For each line below that includes the string "with", show the whole line.

-----

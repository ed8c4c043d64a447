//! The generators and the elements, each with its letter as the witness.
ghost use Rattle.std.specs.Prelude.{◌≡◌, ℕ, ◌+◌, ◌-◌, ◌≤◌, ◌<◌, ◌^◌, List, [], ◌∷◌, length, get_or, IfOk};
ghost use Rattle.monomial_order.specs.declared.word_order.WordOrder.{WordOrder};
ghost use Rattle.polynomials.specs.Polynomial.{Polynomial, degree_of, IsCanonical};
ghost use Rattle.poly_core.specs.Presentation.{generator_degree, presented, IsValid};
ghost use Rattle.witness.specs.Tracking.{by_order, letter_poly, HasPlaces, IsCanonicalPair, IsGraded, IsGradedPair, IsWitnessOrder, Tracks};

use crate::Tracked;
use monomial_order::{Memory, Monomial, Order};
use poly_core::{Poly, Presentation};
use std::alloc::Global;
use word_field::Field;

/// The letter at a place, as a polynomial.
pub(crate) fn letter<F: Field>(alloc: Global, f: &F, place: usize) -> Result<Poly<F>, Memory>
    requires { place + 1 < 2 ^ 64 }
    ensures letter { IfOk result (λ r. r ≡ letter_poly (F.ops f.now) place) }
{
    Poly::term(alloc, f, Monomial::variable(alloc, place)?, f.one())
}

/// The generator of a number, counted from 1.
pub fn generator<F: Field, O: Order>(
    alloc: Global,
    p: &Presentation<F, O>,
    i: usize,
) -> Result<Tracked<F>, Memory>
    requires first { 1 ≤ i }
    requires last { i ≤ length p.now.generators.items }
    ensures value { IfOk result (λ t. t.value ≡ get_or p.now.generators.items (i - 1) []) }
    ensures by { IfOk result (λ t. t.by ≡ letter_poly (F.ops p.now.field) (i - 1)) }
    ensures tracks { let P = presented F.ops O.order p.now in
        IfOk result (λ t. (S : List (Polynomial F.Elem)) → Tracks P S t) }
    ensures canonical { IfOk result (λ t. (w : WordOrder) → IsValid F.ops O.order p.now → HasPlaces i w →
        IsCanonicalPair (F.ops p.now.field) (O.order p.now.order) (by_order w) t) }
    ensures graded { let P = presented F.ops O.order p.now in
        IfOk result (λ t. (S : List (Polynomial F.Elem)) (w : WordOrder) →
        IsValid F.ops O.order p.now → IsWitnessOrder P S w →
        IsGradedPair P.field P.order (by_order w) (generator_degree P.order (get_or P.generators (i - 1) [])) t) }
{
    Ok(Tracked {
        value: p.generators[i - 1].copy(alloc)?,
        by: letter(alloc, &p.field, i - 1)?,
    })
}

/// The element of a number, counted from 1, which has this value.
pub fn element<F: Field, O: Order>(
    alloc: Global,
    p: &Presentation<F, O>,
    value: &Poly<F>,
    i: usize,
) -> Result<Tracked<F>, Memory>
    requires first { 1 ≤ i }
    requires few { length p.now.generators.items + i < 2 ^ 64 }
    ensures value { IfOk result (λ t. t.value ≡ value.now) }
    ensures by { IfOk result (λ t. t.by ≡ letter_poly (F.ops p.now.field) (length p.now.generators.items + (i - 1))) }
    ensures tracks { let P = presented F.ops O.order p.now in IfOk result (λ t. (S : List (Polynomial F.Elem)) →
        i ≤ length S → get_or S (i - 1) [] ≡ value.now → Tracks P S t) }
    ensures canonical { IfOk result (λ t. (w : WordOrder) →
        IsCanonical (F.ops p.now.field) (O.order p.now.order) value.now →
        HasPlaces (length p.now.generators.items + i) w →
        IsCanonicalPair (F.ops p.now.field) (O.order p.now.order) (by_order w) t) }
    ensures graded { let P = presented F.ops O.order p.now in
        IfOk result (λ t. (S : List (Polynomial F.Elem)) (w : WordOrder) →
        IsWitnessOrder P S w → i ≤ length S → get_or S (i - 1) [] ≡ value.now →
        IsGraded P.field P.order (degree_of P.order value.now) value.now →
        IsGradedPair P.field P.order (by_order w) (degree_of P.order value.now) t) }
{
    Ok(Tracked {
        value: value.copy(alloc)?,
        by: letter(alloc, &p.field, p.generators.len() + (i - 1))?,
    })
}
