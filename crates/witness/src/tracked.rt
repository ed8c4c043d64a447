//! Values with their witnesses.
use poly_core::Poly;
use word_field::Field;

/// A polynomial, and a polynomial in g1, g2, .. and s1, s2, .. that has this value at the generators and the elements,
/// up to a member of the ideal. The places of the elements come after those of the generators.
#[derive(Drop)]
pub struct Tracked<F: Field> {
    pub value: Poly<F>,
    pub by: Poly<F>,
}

-----

### Result of the exercise
//! The generators and the elements, each with its letter as the witness.
//! Values with their witnesses.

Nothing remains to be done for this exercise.